Minerva on the other hand allows merchants to retain custody of their own assets, thereby improving scalability and reach by removing the risk of a single point of failure of a centralized facility. This means that each merchant is responsible for delivery of the wine assets to end-users.
But how does Minerva plan to mitigate wine import/export restrictions? By incentivizing and promoting local (in-country/continent) delivery, Minerva aims to make the entire process as smooth as possible. Users who live in countries that do not accept international wine import will not be able to make these purchases and this guidance will be provided from the start.
Yield
Since wine takes time to mature, Minerva takes 90% (10% goes to a reserve vault) of the $UST that's paid and deploys them into the vault which utilizes multiple yield strategies.
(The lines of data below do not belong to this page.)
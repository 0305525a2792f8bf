//! A plan as an indented tree, each node with its fields and its origin.
use book::opened::OpenBook;
use entries::node::{Entry, ExprId, ExprNode, Literal, PlanId, Span, StoredField};
use looking::reader::Reader;
use plan::code::{Direction, JoinKind};
use std::io;
use std::str::from_utf8;
use stored::node::{PlanNode, PlanRecord, Run};

/// Bytes as text.
pub fn show_bytes(rt: &impl Print, bytes: &[u8]) -> io::Result<()> {
    let text = from_utf8(bytes).unwrap_or("?");
    print!(rt; "{text}")
}

fn join_word(kind: JoinKind) -> &'static str {
    match kind {
        JoinKind::Inner => "Inner",
        JoinKind::Left => "Left",
        JoinKind::Right => "Right",
        JoinKind::Full => "Full",
        JoinKind::LeftSemi => "LeftSemi",
        JoinKind::LeftAnti => "LeftAnti",
        JoinKind::RightSemi => "RightSemi",
        JoinKind::RightAnti => "RightAnti",
    }
}

fn direction_words(direction: Direction) -> &'static str {
    match direction {
        Direction::AscendingNullsFirst => "ASC NULLS FIRST",
        Direction::AscendingNullsLast => "ASC NULLS LAST",
        Direction::DescendingNullsFirst => "DESC NULLS FIRST",
        Direction::DescendingNullsLast => "DESC NULLS LAST",
    }
}

/// Prints what stands in a book.
#[derive(Drop)]
struct Printer<'a, P> {
    rt: &'a P,
    book: Reader<'a>,
}

impl<P: Print> Printer<'_, P> {
    fn show_word(&self, span: Span) -> io::Result<()> {
        match self.book.word(span) {
            Ok(bytes) => show_bytes(self.rt, bytes),
            Err(_) => print!(self.rt; "?"),
        }
    }

    fn show_column(&self, field: StoredField) -> io::Result<()> {
        if let Some(qualifier) = field.qualifier {
            self.show_word(qualifier)?;
            print!(self.rt; ".")?;
        }
        self.show_word(field.name)
    }

    fn show_literal(&self, l: Literal) -> io::Result<()> {
        match l {
            Literal::Null => print!(self.rt; "null"),
            Literal::Truth(b) => print!(self.rt; "{b}"),
            Literal::Whole(n) => print!(self.rt; "{n}"),
            Literal::Real(_) => print!(self.rt; "(real)"),
            Literal::Text(s) => {
                print!(self.rt; "'")?;
                self.show_word(s)?;
                print!(self.rt; "'")
            }
        }
    }

    fn show_function(&self, number: u8) -> io::Result<()> {
        match self.book.function(number) {
            Some(d) => self.show_word(d.name),
            None => print!(self.rt; "?"),
        }
    }

    /// An expression, so many levels deep.
    #[cycle(expressions)]
    fn show_expr(&self, e: ExprId, levels: u32) -> io::Result<()> {
        if levels == 0 {
            return print!(self.rt; "..");
        }
        // One arm for each kind: the match says what the kinds mean.
        match self.book.expr(e) {
            Err(_) => print!(self.rt; "?"),
            Ok(ExprNode::Constant(l)) => self.show_literal(l),
            Ok(ExprNode::Reference(field)) => self.show_column(field),
            Ok(ExprNode::Alias { inner, field }) => {
                self.show_expr(inner, levels - 1)?;
                print!(self.rt; " AS ")?;
                self.show_column(field)
            }
            Ok(
                ExprNode::Call {
                    function,
                    arguments,
                },
            ) => {
                self.show_function(function)?;
                print!(self.rt; "(")?;
                self.show_list(arguments, levels - 1)?;
                print!(self.rt; ")")
            }
        }
    }

    /// The expressions of a list, so many levels deep.
    #[cycle(expressions)]
    fn show_list(&self, run: Run, levels: u32) -> io::Result<()> {
        let listed = (0..run.count).filter_map(|i| self.book.listed(run, i).ok());
        for (i, e) in listed.enumerate() {
            if i > 0 {
                print!(self.rt; ", ")?;
            }
            self.show_expr(e, levels)?;
        }
        Ok(())
    }

    /// The keys of a Sort, each with its direction as SQL writes it.
    fn show_keys(&self, run: Run) -> io::Result<()> {
        let entries = (0..run.count).filter_map(|i| self.book.entry(run, i).ok());
        for (i, entry) in entries.enumerate() {
            if i > 0 {
                print!(self.rt; ", ")?;
            }
            if let Entry::Key(by, direction) = entry {
                self.show_expr(by, 256)?;
                print!(self.rt; " {}", direction_words(direction))?;
            }
        }
        Ok(())
    }

    fn show_aggregate(&self, groups: Run, totals: Run) -> io::Result<()> {
        print!(self.rt; "Aggregate: groupBy=[")?;
        self.show_list(groups, 256)?;
        print!(self.rt; "], aggr=[")?;
        self.show_list(totals, 256)?;
        print!(self.rt; "]")
    }

    /// What a node does, without its inputs.
    fn show_kind(&self, node: PlanNode) -> io::Result<()> {
        match node {
            PlanNode::Table { qualifier, .. } => {
                print!(self.rt; "TableScan: ")?;
                self.show_word(qualifier)
            }
            PlanNode::Projection { list, .. } => {
                print!(self.rt; "Projection: ")?;
                self.show_list(list, 256)
            }
            PlanNode::Filter { predicate, .. } => {
                print!(self.rt; "Filter: ")?;
                self.show_expr(predicate, 256)
            }
            PlanNode::Sort { keys, .. } => {
                print!(self.rt; "Sort: ")?;
                self.show_keys(keys)
            }
            PlanNode::Limit { skip, count, .. } => {
                print!(self.rt; "Limit: skip={skip}, fetch={count}")
            }
            PlanNode::Aggregate { groups, totals, .. } => self.show_aggregate(groups, totals),
            PlanNode::Join { kind, on, .. } => {
                print!(self.rt; "{} Join: ", join_word(kind))?;
                self.show_list(on, 256)
            }
            PlanNode::SubqueryAlias { name, .. } => {
                print!(self.rt; "SubqueryAlias: ")?;
                self.show_word(name)
            }
            PlanNode::Union { .. } => print!(self.rt; "Union"),
        }
    }

    fn show_fields(&self, fields: &[StoredField]) -> io::Result<()> {
        for (i, f) in fields.iter().enumerate() {
            if i > 0 {
                print!(self.rt; ", ")?;
            }
            self.show_column(*f)?;
        }
        Ok(())
    }

    fn show_columns(&self, p: PlanId) -> io::Result<()> {
        match self.book.node_fields(p) {
            Ok(fields) => self.show_fields(fields),
            Err(_) => print!(self.rt; "?"),
        }
    }

    fn show_node(&self, p: PlanId, record: PlanRecord, levels: u32) -> io::Result<()> {
        for _ in levels..64 {
            print!(self.rt; "  ")?;
        }
        self.show_kind(record.node)?;
        print!(self.rt; "  [fields: ")?;
        self.show_columns(p)?;
        println!(self.rt; "; node {}, origin {}]", p.0, record.origin.0)
    }

    /// A node and what is below it, so many levels deep.
    fn show_plan(&self, p: PlanId, levels: u32) -> io::Result<()> {
        if levels == 0 {
            return Ok(());
        }
        let Ok(record) = self.book.plan(p) else {
            return Ok(());
        };
        self.show_node(p, record, levels)?;
        // One arm for each count of inputs: none, one, two, or a list.
        match record.node {
            PlanNode::Table { .. } => Ok(()),
            PlanNode::Projection { input, .. }
            | PlanNode::Filter { input, .. }
            | PlanNode::Sort { input, .. }
            | PlanNode::Limit { input, .. }
            | PlanNode::Aggregate { input, .. }
            | PlanNode::SubqueryAlias { input, .. } => self.show_plan(input, levels - 1),
            PlanNode::Join { left, right, .. } => {
                self.show_plan(left, levels - 1)?;
                self.show_plan(right, levels - 1)
            }
            PlanNode::Union { inputs } => {
                for entry in (0..inputs.count).filter_map(|i| self.book.entry(inputs, i).ok()) {
                    if let Entry::Input(input) = entry {
                        self.show_plan(input, levels - 1)?;
                    }
                }
                Ok(())
            }
        }
    }
}

/// Prints a plan; a tree has at most 64 nodes, so no more levels.
pub fn explain(rt: &impl Print, book: &OpenBook, p: PlanId) -> io::Result<()> {
    let book = book.reader();
    Printer { rt, book }.show_plan(p, 64)
}

/// Prints an expression; a tree has at most 256 nodes, so no more levels.
pub fn show_expression(rt: &impl Print, book: &OpenBook, e: ExprId) -> io::Result<()> {
    let book = book.reader();
    Printer { rt, book }.show_expr(e, 256)
}

/// Prints the fields of a node.
pub fn show_columns(rt: &impl Print, book: &OpenBook, p: PlanId) -> io::Result<()> {
    let book = book.reader();
    Printer { rt, book }.show_columns(p)
}
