//! The report with the client of each event, the latest start first.
use crate::EQUAL;
use crate::stopped::Stopped;
use crate::telling::made;
use book::opened::OpenBook;
use entries::node::PlanId;
use stored::node::Key;

/// The kind of a Left join.
const LEFT: u8 = 1;

/// The direction of a descending key, nulls last.
const LATEST_FIRST: u8 = 3;

/// Each row of the report with its bookings; one without a booking stays, with nulls.
pub fn booked(rt: &impl Print, book: &mut OpenBook, report: PlanId) -> Result<PlanId, Stopped> {
    let bookings = made(
        rt,
        "table booking (event, client)",
        book.table(b"booking", b"event,client"),
    )?;
    let event = made(
        rt,
        "reference log.event",
        book.reference(b"event", Some(b"log")),
    )?;
    let sold = made(
        rt,
        "reference booking.event",
        book.reference(b"event", Some(b"booking")),
    )?;
    let same = made(rt, "call equal", book.call(EQUAL, &[event, sold]))?;
    made(rt, "left join", book.join(LEFT, report, bookings, &[same]))
}

/// The rows by start, the latest first and those without a start last.
pub fn latest_first(rt: &impl Print, book: &mut OpenBook, rows: PlanId) -> Result<PlanId, Stopped> {
    let start = made(rt, "reference start", book.reference(b"start", None))?;
    let key = Key {
        by: start,
        direction: LATEST_FIRST,
    };
    made(rt, "sort", book.sort(rows, &[key]))
}
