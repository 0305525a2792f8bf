//! What stops the program before its end.
ghost use Rattle.report.specs.declared.stopped.Stopped.TheVariants.{Io, Other};
ghost use Rattle.report.specs.Stopped.{debug_text};
ghost use Rattle.std.specs.Prelude.{◌≡◌};

use std::{fmt, io};

/// Output that can't be written, or a refusal where the rest needs an answer. It prints as the error inside.
#[derive(Drop)]
pub enum Stopped {
    Io(io::Error),
    Other(anyhow::Error),
}

impl From<io::Error> for Stopped {
    ghost from_gives = { λ error s. s ≡ Io error };

    fn from(error: io::Error) -> Stopped {
        Stopped::Io(error)
    }
}

impl From<anyhow::Error> for Stopped {
    ghost from_gives = { λ error s. s ≡ Other error };

    fn from(error: anyhow::Error) -> Stopped {
        Stopped::Other(error)
    }
}

impl fmt::Debug for Stopped {
    ghost debug_output = { debug_text };

    fn fmt<W: fmt::Write>(&self, f: &mut fmt::Formatter<W>) -> fmt::Result {
        match self {
            Stopped::Io(error) => fmt::Debug::fmt(error, f),
            Stopped::Other(error) => fmt::Debug::fmt(error, f),
        }
    }
}
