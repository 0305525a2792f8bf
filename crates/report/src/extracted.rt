//! Nodes with what is Marked taken out of them.
use crate::explain::explain;
use crate::telling::refused;
use crate::versions::compared;
use book::opened::OpenBook;
use entries::node::PlanId;
use std::io;

/// Tells what an extract is answered, and shows the new node.
fn show_one(rt: &impl Print, book: &mut OpenBook, node: PlanId) -> io::Result<()> {
    print!(rt; "extract of node {}: ", node.0)?;
    match book.extract(node) {
        Ok(Some(new)) => {
            println!(rt; "node {}", new.0)?;
            println!(rt; "")?;
            explain(rt, book, new)?;
            println!(rt; "")?;
            compared(rt, book, node, new)
        }
        Ok(None) => println!(rt; "nothing changes"),
        Err(f) => refused(rt, f),
    }
}

/// Extracts of the report, of the sort of its bookings, of a projection, and of a node that is not there.
pub fn show_extracted(
    rt: &impl Print,
    book: &mut OpenBook,
    report: PlanId,
    sorted: PlanId,
    later: PlanId,
) -> io::Result<()> {
    show_one(rt, book, report)?;
    show_one(rt, book, sorted)?;
    show_one(rt, book, later)?;
    show_one(rt, book, PlanId(99))
}
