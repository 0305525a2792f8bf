//! One line for each call: what was asked for, and what was answered.
ghost use Rattle.std.specs.Prelude.{◌≡◌, Ok, IfOk};

use crate::stopped::Stopped;
use anyhow::anyhow;
use entries::node::{ExprId, PlanId};
use plan::fault::Fault;
use std::io;

/// What a call makes, and a book knows by a number.
pub trait Numbered: Copy {
    const WORD: &'static str;

    fn number(self) -> u32;
}

impl Numbered for ExprId {
    const WORD: &'static str = "expression";

    fn number(self) -> u32 {
        self.0
    }
}

impl Numbered for PlanId {
    const WORD: &'static str = "node";

    fn number(self) -> u32 {
        self.0
    }
}

/// A list of calls is answered numbers only, of expressions and of nodes.
impl Numbered for u32 {
    const WORD: &'static str = "made number";

    fn number(self) -> u32 {
        self
    }
}

pub fn refused(rt: &impl Print, f: Fault) -> io::Result<()> {
    println!(rt; "refused: {f}")
}

pub fn declared(rt: &impl Print, what: &str, answer: Result<(), Fault>) -> io::Result<()> {
    print!(rt; "declare {what}: ")?;
    match answer {
        Ok(()) => println!(rt; "declared"),
        Err(f) => refused(rt, f),
    }
}

/// Tells what a call was answered, whichever it was.
pub fn told<T: Numbered>(rt: &impl Print, what: &str, answer: Result<T, Fault>) -> io::Result<()> {
    print!(rt; "{what}: ")?;
    match answer {
        Ok(made) => println!(rt; "{} {}", T::WORD, made.number()),
        Err(f) => refused(rt, f),
    }
}

/// Tells what a call was answered, and gives what it made; a refusal ends the program.
pub fn made<T: Numbered>(
    rt: &impl Print,
    what: &str,
    answer: Result<T, Fault>,
) -> Result<T, Stopped>
    ensures { IfOk result (λ made. answer ≡ Ok made) }
{
    told(rt, what, answer)?;
    answer.map_err(|_| Stopped::Other(anyhow!("refused: {what}")))
}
These may include (and are not limited to) Anchor Protocol, Apollo DAO, Nexus Protocol, and Sandclock. The yield is then split between the merchant (70%), user (20%), and insurance/charity (10%).
$TORCH
$TORCH tokenomics take inspiration from Olympus DAO's $OHM. All $TORCH distribution is a function of sales occurring on the platform. This means that every newly minted ADO sale triggers the distribution of $TORCH to stakers & liquidity providers.
As such, any introduction of $TORCH into circulation is inherently backed by $UST. Redemptions can occur when $TORCH trades below its backed value, thus creating a support floor for the token.
Protocol-Managed Liquidity
You've heard of protocol-owned liquidity (POL), but have you heard of protocol-managed liquidity? Initially, the protocol adjusts rewards going to staking/LP, which then prompts users to move their $TORCH accordingly to optimize earnings.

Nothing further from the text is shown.